Wipe the HDD with KillDisk and try Windows 7 install again.

KillDisk --> http://jcgriff2.com/killdisk_imgburn.html

First - while running XP, run the Windows 7 Upgrade Advisor --> http://www.microsoft.com/windows/windows-7/get/upgrade-advisor.aspx

Regards. . .

jcgriff2

.


----------



## twistedsixty4 (Jul 3, 2010)

*Re: BSOD on windows 7 install*

as a point of clarification, i was not trying to install over another build of windows, this hard drive is brand new, no OS installed, and these bsods happen when i try to go into setup. however, i have successfully installed windows xp home ed. and updated to service pack 2, once i get back to that computer i will run the upgrade advisor and post the results from that.

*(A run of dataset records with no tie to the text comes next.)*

//! Octets that are listed, as `krbls` lists them.

ghost use Rattle.std.specs.Prelude.{IfOk};
ghost use Rattle.krb_der.specs.declared.profile.Profile.TheVariants.{Lenient};
ghost use Rattle.krb_c.specs.Numbers.{form_of, goes_on, limit_of, now_of, port_of, profile_of};
ghost use Rattle.krb_c.specs.Listed.{IsCaptureListing, IsCcacheListing, IsItemsListing, IsKeytabListing, IsMessageListing, IsStreamListing};
ghost use Rattle.krb_c.specs.Written.{IsListed};

use crate::numbers::{form_of, goes_on, limit_of, now_of, port_of, profile_of};
use crate::writing::{Listing, answer};
use krb_capture_run::run_capture;
use krb_file_run::{run_ccache_in, run_keytab_in};
use krb_items_run::list_items;
use krb_record::Label;
use krb_run::RunFault;
use krb_tool::{Form, Limit, Profile, list_octets, run_stream_in};
use std::alloc::Global;

/// Returns the line of a message of a profile, or of its refusal.
pub(crate) fn message_listing(
    alloc: Global,
    form: Form,
    profile: Profile,
    octets: &[u8],
) -> Result<Listing, RunFault>
    ensures { IfOk result (λ made. IsMessageListing form profile octets.now made.text.items made.end) }
{
    let listed = list_octets(alloc, form, profile, octets)?;
    let text = listed.text.into_string().into_bytes();
    let end = listed.end;
    Ok(Listing { text, end })
}

/// Returns the items of a message of a profile, or those up to its refusal.
fn items_listing(
    alloc: Global,
    form: Form,
    profile: Profile,
    octets: &[u8],
) -> Result<Listing, RunFault>
    ensures { IfOk result (λ made. IsItemsListing form profile octets.now made.text.items made.end) }
{
    let listed = list_items(alloc, form, profile, octets)?;
    let text = listed.text.into_string().into_bytes();
    let end = listed.end;
    Ok(Listing { text, end })
}

/// Returns the listing of a stream, which may go on after refusals.
pub(crate) fn stream_listing(
    alloc: Global,
    goes_on: bool,
    form: Form,
    profile: Profile,
    limit: Limit,
    octets: &[u8],
) -> Result<Listing, RunFault>
    ensures { IfOk result (λ made. IsStreamListing goes_on form profile limit octets.now made.text.items made.end) }
{
    let mut reader = octets;
    let mut text = Vec::new(alloc);
    let end = run_stream_in(
        alloc,
        &Label::none(form),
        profile,
        goes_on,
        &mut reader,
        &mut text,
        limit,
    )?;
    Ok(Listing { text, end })
}

/// Returns the listing of a keytab.
pub(crate) fn keytab_listing(alloc: Global, form: Form, octets: &[u8]) -> Result<Listing, RunFault>
    ensures { IfOk result (λ made. IsKeytabListing form octets.now made.text.items made.end) }
{
    let mut reader = octets;
    let mut text = Vec::new(alloc);
    let end = run_keytab_in(alloc, &Label::none(form), &mut reader, &mut text)?;
    Ok(Listing { text, end })
}

/// Returns the listing of a credential cache.
pub(crate) fn ccache_listing(
    alloc: Global,
    form: Form,
    now: Option<u32>,
    octets: &[u8],
) -> Result<Listing, RunFault>
    ensures { IfOk result (λ made. IsCcacheListing form now octets.now made.text.items made.end) }
{
    let mut reader = octets;
    let mut text = Vec::new(alloc);
    let end = run_ccache_in(alloc, &Label::none(form), &mut reader, &mut text, now)?;
    Ok(Listing { text, end })
}

/// Returns the listing of a capture.
pub(crate) fn capture_listing(
    alloc: Global,
    form: Form,
    profile: Profile,
    limit: Limit,
    port: u16,
    octets: &[u8],
) -> Result<Listing, RunFault>
    ensures { IfOk result (λ made. IsCaptureListing form profile limit port octets.now made.text.items made.end) }
{
    let mut reader = octets;
    let mut text = Vec::new(alloc);
    let end = run_capture(
        alloc,
        &Label::none(form),
        profile,
        &mut reader,
        &mut text,
        limit,
        port,
    )?;
    Ok(Listing { text, end })
}

/// Lists octets as one message of a profile: its line, or that of its refusal, as `krbls message`
/// prints it of the same octets in hexadecimal.
#[unsafe(no_mangle)]
pub extern "C" fn krbls_message(
    alloc: Global,
    form: u32,
    profile: u32,
    octets: &[u8],
    text: &mut [u8],
    size: &mut usize,
) -> u32
    ensures { IsListed (IsMessageListing (form_of form) (profile_of profile) octets.now) text.old text.new size.old size.new result }
{
    let listing = message_listing(alloc, form_of(form), profile_of(profile), octets);
    answer(listing, text, size)
}

/// Lists where each item of octets is that are one message of a profile: what `krbls items` prints of the
/// same octets in hexadecimal.
#[unsafe(no_mangle)]
pub extern "C" fn krbls_items(
    alloc: Global,
    form: u32,
    profile: u32,
    octets: &[u8],
    text: &mut [u8],
    size: &mut usize,
) -> u32
    ensures { IsListed (IsItemsListing (form_of form) (profile_of profile) octets.now) text.old text.new size.old size.new result }
{
    let listing = items_listing(alloc, form_of(form), profile_of(profile), octets);
    answer(listing, text, size)
}

/// Lists a stream of framed messages (RFC 4120, 7.2.2), as `krbls stream` does; or, unless
/// `going_on` is 0, as `krbls stream --keep-going` does.
#[unsafe(no_mangle)]
pub extern "C" fn krbls_stream(
    alloc: Global,
    form: u32,
    profile: u32,
    limit: u32,
    going_on: u32,
    octets: &[u8],
    text: &mut [u8],
    size: &mut usize,
) -> u32
    ensures { IsListed (IsStreamListing (goes_on going_on) (form_of form) (profile_of profile) (limit_of limit) octets.now) text.old text.new size.old size.new result }
{
    let listing = stream_listing(
        alloc,
        goes_on(going_on),
        form_of(form),
        profile_of(profile),
        limit_of(limit),
        octets,
    );
    answer(listing, text, size)
}

/// Lists a keytab, as `krbls keytab` does.
#[unsafe(no_mangle)]
pub extern "C" fn krbls_keytab(
    alloc: Global,
    form: u32,
    octets: &[u8],
    text: &mut [u8],
    size: &mut usize,
) -> u32
    ensures { IsListed (IsKeytabListing (form_of form) octets.now) text.old text.new size.old size.new result }
{
    let listing = keytab_listing(alloc, form_of(form), octets);
    answer(listing, text, size)
}

/// Lists a credential cache, as `krbls ccache` does, with a time to compare with unless `now` is 0.
#[unsafe(no_mangle)]
pub extern "C" fn krbls_ccache(
    alloc: Global,
    form: u32,
    now: u32,
    octets: &[u8],
    text: &mut [u8],
    size: &mut usize,
) -> u32
    ensures { IsListed (IsCcacheListing (form_of form) (now_of now) octets.now) text.old text.new size.old size.new result }
{
    let listing = ccache_listing(alloc, form_of(form), now_of(now), octets);
    answer(listing, text, size)
}

/// Lists a capture, as `krbls capture` does.
#[unsafe(no_mangle)]
pub extern "C" fn krbls_capture(
    alloc: Global,
    form: u32,
    limit: u32,
    port: u16,
    octets: &[u8],
    text: &mut [u8],
    size: &mut usize,
) -> u32
    ensures { IsListed (IsCaptureListing (form_of form) Lenient (limit_of limit) (port_of port) octets.now) text.old text.new size.old size.new result }
{
    let listing = capture_listing(
        alloc,
        form_of(form),
        Profile::Lenient,
        limit_of(limit),
        port_of(port),
        octets,
    );
    answer(listing, text, size)
}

i also ran a few tests off of Hiren's boot cd to see if any of the components were bad, and everything came up clean.


----------



## twistedsixty4 (Jul 3, 2010)

*Re: BSOD on windows 7 install*

alright i have uploaded the report from win 7 compatibility advisor.. the report is the same for 32bit or 64bit, so im only uploading one.


----------



## twistedsixty4 (Jul 3, 2010)

*Re: BSOD on windows 7 install*

ok, here is some more information, i tried to install win 7 32bit just to see if it was something to do with 64bit drivers, with the 32bit install it froze in the "starting windows" screen, so i decided to try it in safemode..

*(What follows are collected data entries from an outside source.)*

//! The numbers with which C chooses.

ghost use Rattle.std.specs.Prelude.{◌≡◌};
ghost use Rattle.krb_c.specs.Numbers.{form_of, goes_on, limit_of, now_of, port_of, profile_of};

use krb_tool::{Form, Limit, Profile};

/// The port of KDCs (RFC 4120, 7.2.1).
const KDC_PORT: u16 = 88;

/// Returns the profile of a number: 0 is the lenient one, and any other number the strict one.
pub(crate) fn profile_of(number: u32) -> Profile
    ensures { result ≡ profile_of number }
{
    if number == 0 {
        Profile::Lenient
    } else {
        Profile::Strict
    }
}

/// Returns the form of a number: 0 is lines, 1 lines with names, and any other number JSON.
pub(crate) fn form_of(number: u32) -> Form
    ensures { result ≡ form_of number }
{
    if number == 0 {
        Form::Lines
    } else if number == 1 {
        Form::NamedLines
    } else {
        Form::Json
    }
}

/// Returns the limit of a number, or 16777216 if it is no limit.
pub(crate) fn limit_of(number: u32) -> Limit
    ensures { result ≡ limit_of number }
{
    match Limit::new(number) {
        Some(limit) => limit,
        None => Limit::DEFAULT,
    }
}

/// Returns whether a number is to go on after a refusal: any but 0.
pub(crate) fn goes_on(number: u32) -> bool
    ensures { result ≡ goes_on number }
{
    number != 0
}

/// Returns the time of a number of seconds since 1970-01-01, of which 0 is none.
pub(crate) fn now_of(seconds: u32) -> Option<u32>
    ensures { result ≡ now_of seconds }
{
    if seconds == 0 { None } else { Some(seconds) }
}

/// Returns the port of KDCs of a number, of which 0 is the usual one.
pub(crate) fn port_of(number: u16) -> u16
    ensures { result ≡ port_of number }
{
    if number == 0 { KDC_PORT } else { number }
}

the safemode installer boot made it all the way to "disk.sys" before it BSODed. also note that bsod technical info point at "msrpc.sys" with a datestamp of "00000000"


----------



## jcgriff2 (Sep 30, 2007)

*Re: BSOD on windows 7 install*

My advice is to wipe the entire hard drive and try Windows 7 x86 if you wish; however, the Upgrade advisor report was not promising. Click on the links in the report to check manufacturer's sites.

Regards. . .

jcgriff2

.


----------



## Wrench97 (May 10, 2008)

*Re: BSOD on windows 7 install*

Is the Sata controller set to IDE mode or AHCI? 
That board and Win7 have issues with AHCI mode but works well in IDE mode.


----------



## twistedsixty4 (Jul 3, 2010)

*Re: BSOD on windows 7 install*

hey everyone,
sorry i haven't posted in awhile, we finally fixed it.

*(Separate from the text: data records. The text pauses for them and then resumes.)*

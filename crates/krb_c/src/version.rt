//! The version of the library.

ghost use Rattle.std.specs.Prelude.{◌≡◌};
ghost use Rattle.krb_c.specs.Numbers.{version};

/// Returns the version of the library, which is 1.0.0: 65536 times its first number, 256 times its
/// second one, and its third one.
#[unsafe(no_mangle)]
pub extern "C" fn krbls_version() -> u32
    ensures { result ≡ version }
{
    65536
}
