//! The C library: octets that are judged and listed, for programs in C and whatever calls C.
//!
//! Each function that `krbls.h` declares is an export here, over calls of the libraries below,
//! whose definitions its contract cites. No export has a `requires` of its own: each number that C
//! can pass is a choice or is refused, as `specs/Numbers` says. Nothing is kept between two calls,
//! and what is returned is in memory of the caller. A slice is a pointer and a number of octets
//! that C promises to be there, as `krbls.h` says.
#![tactic(auto)]

mod capture_spans;
mod file_spans;
mod frame_spans;
mod judging;
mod listing;
mod numbers;
mod paths;
mod rows;
mod spans;
mod turning;
mod version;
mod writing;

as it turned out it was the ram we were using in the computer, a simple piece of crucial memory fixed it and i have sent the other ram back to newegg. thanks for all the suggestions, i have learned alot from this issue. thanks again.


----------



## jcgriff2 (Sep 30, 2007)

*Re: BSOD on windows 7 install*

Hi - 

Glad you got it sorted out. Thank you for posting back with the outcome.

Good Luck to you.

Regards. . .

jcgriff2

.


----------